YOUR OBJECTIVE: Pull every line containing "asks" from the entries.

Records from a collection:
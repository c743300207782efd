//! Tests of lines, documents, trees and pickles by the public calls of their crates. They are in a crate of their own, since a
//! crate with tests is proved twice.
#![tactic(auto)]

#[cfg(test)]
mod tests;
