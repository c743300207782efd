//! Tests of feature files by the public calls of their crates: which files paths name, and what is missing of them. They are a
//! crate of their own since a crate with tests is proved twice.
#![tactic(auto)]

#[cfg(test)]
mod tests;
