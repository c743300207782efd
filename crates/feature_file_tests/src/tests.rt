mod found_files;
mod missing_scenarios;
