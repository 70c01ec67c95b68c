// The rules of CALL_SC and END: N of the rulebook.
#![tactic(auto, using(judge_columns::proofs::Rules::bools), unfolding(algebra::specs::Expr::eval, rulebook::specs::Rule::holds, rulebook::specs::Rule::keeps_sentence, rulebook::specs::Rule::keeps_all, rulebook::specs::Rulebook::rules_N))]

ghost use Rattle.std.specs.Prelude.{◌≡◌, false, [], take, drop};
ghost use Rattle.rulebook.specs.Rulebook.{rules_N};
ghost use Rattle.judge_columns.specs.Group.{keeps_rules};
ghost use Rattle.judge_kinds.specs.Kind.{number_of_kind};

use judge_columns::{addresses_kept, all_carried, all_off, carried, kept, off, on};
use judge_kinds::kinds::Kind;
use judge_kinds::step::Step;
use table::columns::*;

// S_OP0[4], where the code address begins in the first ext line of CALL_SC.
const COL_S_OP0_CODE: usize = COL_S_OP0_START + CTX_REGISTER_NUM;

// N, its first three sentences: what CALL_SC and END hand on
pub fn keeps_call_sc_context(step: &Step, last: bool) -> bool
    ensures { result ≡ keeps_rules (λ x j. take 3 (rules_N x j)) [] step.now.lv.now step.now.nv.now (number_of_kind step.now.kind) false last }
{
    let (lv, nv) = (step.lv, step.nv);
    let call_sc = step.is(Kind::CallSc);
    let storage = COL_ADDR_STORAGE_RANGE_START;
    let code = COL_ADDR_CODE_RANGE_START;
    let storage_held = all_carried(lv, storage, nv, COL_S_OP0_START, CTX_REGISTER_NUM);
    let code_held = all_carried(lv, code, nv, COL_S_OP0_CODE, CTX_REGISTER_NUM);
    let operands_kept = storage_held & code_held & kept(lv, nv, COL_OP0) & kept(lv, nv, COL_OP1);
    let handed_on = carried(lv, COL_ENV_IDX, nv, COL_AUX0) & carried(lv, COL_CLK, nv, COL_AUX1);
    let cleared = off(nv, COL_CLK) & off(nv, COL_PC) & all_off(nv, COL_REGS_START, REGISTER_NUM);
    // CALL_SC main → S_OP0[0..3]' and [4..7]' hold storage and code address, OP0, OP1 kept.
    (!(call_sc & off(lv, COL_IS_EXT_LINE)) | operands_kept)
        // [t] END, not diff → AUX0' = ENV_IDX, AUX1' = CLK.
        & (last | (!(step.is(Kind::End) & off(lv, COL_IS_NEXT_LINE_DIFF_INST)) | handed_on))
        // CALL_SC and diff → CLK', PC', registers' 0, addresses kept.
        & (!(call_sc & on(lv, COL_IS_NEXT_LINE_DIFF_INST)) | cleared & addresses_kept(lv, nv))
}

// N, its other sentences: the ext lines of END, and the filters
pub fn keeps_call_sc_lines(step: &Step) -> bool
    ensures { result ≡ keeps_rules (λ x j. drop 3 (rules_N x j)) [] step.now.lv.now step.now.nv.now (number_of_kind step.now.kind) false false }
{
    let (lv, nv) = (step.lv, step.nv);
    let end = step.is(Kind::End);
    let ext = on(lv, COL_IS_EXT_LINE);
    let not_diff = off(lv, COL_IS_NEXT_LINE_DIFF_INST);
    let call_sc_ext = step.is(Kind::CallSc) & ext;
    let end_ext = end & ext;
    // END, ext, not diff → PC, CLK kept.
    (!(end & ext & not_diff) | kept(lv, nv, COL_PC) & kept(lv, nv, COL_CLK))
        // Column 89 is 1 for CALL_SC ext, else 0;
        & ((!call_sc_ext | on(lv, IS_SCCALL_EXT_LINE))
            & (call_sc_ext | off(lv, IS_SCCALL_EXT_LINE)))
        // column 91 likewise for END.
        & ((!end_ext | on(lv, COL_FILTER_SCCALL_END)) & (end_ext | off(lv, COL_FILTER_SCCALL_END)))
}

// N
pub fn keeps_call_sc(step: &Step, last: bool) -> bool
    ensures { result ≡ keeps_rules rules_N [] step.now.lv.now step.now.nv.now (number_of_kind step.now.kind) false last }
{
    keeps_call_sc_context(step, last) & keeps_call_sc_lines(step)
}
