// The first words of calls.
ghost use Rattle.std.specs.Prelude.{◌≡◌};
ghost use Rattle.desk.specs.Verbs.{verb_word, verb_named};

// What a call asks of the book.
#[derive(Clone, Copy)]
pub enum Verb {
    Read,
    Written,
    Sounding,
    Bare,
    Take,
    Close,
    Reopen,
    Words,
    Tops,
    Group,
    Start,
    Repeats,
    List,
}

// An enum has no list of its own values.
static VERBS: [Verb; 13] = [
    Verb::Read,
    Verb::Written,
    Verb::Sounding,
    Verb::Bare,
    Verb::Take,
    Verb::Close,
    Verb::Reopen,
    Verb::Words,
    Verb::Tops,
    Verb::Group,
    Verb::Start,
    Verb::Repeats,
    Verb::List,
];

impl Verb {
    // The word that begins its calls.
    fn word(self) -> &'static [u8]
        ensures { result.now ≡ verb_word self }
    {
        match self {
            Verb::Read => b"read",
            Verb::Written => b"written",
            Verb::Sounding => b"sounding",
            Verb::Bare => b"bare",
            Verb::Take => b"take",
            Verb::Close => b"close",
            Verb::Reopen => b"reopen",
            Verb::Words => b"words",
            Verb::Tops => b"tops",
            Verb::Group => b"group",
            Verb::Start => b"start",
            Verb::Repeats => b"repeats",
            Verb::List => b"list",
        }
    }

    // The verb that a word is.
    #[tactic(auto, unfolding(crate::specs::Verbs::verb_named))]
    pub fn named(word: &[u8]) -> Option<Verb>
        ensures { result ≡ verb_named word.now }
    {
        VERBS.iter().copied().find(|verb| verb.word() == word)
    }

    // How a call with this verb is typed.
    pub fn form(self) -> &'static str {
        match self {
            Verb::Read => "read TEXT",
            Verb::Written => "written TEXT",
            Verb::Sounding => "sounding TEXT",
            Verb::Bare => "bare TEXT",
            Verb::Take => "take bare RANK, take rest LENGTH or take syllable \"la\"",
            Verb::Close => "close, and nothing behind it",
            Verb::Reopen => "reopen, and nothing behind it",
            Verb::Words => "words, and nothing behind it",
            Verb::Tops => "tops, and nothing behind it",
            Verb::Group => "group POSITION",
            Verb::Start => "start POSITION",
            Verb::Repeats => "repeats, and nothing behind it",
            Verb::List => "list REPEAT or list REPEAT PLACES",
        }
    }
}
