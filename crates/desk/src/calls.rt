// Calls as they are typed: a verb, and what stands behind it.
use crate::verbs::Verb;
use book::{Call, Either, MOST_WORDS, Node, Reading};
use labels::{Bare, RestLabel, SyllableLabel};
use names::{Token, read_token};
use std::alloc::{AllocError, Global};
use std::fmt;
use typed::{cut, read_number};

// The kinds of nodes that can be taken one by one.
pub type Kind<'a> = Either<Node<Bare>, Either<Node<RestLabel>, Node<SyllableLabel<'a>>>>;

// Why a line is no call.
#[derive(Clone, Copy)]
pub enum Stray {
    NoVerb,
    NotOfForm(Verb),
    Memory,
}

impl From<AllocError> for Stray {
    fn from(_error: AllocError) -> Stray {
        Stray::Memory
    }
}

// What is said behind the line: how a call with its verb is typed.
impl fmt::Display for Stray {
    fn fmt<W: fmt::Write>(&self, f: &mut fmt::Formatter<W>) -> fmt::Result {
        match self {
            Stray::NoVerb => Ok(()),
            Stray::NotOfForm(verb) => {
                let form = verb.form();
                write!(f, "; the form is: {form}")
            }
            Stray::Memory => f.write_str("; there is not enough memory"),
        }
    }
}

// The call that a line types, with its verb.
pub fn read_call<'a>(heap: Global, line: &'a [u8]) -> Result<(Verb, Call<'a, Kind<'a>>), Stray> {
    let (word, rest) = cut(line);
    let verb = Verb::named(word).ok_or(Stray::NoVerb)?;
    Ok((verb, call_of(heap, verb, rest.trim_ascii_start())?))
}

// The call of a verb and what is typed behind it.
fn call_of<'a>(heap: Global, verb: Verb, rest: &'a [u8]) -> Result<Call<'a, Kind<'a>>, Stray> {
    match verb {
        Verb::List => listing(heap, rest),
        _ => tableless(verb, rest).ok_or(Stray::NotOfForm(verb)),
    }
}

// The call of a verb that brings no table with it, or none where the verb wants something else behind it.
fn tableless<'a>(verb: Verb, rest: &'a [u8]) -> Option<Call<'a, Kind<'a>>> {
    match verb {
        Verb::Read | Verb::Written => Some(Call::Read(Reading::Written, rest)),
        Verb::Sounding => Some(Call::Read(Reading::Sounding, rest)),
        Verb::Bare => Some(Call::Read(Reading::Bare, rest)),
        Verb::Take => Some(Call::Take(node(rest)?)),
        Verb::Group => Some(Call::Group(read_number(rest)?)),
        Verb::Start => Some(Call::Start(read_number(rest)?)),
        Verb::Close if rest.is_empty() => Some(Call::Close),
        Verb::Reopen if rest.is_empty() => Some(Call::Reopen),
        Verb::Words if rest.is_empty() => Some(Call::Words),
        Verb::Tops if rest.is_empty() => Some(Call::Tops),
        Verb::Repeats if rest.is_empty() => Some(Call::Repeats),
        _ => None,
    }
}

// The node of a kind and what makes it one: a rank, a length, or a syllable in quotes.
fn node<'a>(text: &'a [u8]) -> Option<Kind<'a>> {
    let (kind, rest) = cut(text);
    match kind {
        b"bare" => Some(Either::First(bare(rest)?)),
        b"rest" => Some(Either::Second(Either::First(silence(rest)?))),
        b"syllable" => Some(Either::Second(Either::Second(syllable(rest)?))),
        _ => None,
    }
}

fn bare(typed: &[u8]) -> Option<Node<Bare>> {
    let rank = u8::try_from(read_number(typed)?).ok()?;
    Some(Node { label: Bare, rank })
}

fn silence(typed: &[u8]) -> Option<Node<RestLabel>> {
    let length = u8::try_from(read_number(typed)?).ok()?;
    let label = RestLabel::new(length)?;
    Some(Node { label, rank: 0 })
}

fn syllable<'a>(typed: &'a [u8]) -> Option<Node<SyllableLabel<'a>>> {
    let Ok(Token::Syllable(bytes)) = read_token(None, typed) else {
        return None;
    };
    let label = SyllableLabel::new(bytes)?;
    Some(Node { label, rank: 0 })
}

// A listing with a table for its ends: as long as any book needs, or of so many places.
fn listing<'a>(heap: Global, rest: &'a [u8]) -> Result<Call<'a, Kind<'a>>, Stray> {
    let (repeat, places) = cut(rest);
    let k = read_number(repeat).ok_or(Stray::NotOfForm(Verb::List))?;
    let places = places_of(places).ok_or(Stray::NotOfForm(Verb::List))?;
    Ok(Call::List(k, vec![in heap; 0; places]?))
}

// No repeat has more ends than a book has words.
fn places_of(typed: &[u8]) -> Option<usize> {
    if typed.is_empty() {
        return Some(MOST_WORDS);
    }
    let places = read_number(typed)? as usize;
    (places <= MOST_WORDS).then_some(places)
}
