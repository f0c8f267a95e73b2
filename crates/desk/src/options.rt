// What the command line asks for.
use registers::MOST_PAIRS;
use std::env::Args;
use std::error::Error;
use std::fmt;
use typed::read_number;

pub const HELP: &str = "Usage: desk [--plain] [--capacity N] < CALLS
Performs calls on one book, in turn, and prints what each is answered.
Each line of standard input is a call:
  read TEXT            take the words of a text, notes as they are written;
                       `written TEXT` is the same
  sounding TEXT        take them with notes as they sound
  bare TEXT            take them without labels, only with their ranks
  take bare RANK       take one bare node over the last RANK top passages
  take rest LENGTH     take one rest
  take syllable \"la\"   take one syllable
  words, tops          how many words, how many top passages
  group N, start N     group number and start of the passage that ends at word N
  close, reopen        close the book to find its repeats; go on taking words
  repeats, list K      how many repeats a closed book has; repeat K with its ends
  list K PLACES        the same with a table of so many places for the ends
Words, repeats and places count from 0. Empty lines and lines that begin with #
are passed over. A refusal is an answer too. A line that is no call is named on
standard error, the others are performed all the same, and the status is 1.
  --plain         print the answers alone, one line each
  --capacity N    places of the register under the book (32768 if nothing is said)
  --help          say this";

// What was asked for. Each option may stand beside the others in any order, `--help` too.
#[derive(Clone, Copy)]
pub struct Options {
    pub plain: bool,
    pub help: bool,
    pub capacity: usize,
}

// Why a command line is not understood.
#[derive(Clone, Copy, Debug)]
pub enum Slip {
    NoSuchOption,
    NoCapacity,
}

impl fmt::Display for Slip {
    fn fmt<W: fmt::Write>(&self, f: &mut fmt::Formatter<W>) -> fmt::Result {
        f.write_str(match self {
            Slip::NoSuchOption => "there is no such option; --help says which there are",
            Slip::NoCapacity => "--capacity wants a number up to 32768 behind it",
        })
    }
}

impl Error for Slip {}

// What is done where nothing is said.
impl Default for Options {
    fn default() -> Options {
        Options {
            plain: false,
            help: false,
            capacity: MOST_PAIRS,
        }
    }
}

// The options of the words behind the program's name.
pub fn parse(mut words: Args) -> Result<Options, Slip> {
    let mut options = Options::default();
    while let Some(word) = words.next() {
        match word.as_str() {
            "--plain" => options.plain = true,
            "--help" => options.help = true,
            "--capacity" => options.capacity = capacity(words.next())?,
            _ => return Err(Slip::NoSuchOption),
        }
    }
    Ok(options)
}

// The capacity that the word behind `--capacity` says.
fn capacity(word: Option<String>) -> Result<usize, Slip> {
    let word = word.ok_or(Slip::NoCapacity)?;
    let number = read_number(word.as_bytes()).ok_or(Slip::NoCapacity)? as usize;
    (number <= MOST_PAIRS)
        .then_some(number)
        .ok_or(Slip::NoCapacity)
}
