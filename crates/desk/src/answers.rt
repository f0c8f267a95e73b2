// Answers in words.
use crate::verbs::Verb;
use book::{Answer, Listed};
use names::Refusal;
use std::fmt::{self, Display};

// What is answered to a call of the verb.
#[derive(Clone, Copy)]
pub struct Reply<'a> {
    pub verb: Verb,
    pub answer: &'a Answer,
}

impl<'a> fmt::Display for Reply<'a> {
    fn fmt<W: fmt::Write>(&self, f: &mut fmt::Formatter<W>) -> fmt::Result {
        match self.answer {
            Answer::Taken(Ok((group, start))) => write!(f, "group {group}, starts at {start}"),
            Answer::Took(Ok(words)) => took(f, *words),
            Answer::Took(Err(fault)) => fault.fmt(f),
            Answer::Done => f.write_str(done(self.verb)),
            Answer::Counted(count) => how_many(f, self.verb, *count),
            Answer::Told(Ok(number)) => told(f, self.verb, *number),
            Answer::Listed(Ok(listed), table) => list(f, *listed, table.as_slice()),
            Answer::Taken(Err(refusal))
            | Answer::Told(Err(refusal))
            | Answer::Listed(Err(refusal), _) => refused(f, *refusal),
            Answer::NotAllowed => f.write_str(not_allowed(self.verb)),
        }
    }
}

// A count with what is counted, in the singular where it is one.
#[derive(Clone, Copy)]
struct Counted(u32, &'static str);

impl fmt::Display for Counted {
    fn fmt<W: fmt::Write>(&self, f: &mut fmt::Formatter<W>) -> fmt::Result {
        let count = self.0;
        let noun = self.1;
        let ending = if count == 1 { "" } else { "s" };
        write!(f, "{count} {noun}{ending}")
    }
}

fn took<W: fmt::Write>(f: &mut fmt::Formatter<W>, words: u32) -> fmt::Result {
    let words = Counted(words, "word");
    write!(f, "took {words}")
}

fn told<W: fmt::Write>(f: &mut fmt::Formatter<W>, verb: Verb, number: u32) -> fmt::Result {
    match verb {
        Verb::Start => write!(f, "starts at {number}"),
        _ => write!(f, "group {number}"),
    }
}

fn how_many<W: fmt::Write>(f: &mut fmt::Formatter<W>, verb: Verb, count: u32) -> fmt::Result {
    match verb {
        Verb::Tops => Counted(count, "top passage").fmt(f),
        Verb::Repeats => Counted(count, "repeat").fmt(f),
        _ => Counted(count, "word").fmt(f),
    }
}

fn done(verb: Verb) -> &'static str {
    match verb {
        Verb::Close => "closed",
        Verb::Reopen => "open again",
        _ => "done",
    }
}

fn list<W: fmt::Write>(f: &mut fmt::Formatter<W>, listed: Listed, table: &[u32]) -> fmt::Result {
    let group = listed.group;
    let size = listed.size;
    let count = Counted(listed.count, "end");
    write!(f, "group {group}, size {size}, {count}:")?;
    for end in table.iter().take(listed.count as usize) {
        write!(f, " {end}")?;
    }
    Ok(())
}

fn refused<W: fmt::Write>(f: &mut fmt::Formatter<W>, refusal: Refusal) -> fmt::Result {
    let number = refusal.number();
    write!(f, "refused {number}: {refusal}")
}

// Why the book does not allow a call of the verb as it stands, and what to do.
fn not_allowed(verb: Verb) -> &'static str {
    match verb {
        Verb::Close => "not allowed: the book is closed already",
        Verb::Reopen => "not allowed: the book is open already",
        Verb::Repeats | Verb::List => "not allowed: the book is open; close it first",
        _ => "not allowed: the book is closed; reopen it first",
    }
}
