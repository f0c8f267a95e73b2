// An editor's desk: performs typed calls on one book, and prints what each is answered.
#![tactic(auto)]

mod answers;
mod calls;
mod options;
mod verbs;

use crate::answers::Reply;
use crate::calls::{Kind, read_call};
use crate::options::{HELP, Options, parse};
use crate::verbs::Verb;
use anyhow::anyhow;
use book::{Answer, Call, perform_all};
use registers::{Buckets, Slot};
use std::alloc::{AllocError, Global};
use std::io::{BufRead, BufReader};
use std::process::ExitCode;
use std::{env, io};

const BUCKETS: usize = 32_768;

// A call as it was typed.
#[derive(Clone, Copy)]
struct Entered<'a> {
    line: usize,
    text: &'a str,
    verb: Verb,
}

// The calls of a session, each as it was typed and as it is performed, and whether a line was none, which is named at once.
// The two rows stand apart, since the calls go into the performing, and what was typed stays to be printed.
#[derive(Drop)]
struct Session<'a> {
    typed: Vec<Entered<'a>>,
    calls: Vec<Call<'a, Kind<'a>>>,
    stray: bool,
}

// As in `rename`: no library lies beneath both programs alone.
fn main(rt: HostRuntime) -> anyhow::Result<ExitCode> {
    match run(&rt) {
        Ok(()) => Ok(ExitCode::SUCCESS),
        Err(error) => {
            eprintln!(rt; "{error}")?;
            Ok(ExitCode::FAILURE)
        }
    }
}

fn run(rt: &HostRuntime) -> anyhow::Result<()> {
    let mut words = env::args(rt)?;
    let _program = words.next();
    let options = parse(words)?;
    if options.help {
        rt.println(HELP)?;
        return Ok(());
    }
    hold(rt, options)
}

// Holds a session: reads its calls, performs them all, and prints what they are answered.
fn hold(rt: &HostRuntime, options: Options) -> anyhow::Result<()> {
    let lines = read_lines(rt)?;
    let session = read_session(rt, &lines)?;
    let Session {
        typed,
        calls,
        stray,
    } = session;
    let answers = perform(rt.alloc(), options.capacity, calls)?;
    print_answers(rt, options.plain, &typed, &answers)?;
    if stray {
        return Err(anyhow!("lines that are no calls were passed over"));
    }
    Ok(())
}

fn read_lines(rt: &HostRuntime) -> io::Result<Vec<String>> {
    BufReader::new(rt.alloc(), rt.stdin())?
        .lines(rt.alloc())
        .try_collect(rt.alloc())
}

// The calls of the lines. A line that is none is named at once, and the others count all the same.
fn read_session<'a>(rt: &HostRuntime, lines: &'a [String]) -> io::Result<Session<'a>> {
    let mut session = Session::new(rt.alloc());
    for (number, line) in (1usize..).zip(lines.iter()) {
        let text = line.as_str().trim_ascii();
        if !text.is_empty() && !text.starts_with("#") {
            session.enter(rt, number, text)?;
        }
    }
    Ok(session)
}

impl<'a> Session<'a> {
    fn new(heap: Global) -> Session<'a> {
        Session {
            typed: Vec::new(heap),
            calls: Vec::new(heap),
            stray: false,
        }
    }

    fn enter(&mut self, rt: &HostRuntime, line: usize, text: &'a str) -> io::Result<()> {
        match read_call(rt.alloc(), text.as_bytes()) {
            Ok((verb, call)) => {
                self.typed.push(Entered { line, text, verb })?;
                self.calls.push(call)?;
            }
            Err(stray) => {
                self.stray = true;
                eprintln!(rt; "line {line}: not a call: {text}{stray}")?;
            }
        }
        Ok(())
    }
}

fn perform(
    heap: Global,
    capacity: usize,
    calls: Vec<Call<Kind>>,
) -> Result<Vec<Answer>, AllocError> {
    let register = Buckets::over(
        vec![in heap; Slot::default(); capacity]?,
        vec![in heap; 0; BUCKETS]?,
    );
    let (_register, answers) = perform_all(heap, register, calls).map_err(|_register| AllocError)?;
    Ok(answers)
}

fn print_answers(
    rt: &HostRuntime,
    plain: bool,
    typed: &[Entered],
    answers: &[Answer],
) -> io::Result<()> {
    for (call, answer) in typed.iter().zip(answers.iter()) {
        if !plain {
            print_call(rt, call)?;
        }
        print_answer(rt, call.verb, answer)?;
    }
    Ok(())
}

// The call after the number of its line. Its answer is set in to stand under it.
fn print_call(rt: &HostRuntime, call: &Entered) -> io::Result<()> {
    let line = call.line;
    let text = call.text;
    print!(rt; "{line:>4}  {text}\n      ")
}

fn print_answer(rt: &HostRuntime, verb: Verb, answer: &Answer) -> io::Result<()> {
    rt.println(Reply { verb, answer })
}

RESULT OF THE EXERCISE:
// What a call asks of the book.
// What the command line asks for.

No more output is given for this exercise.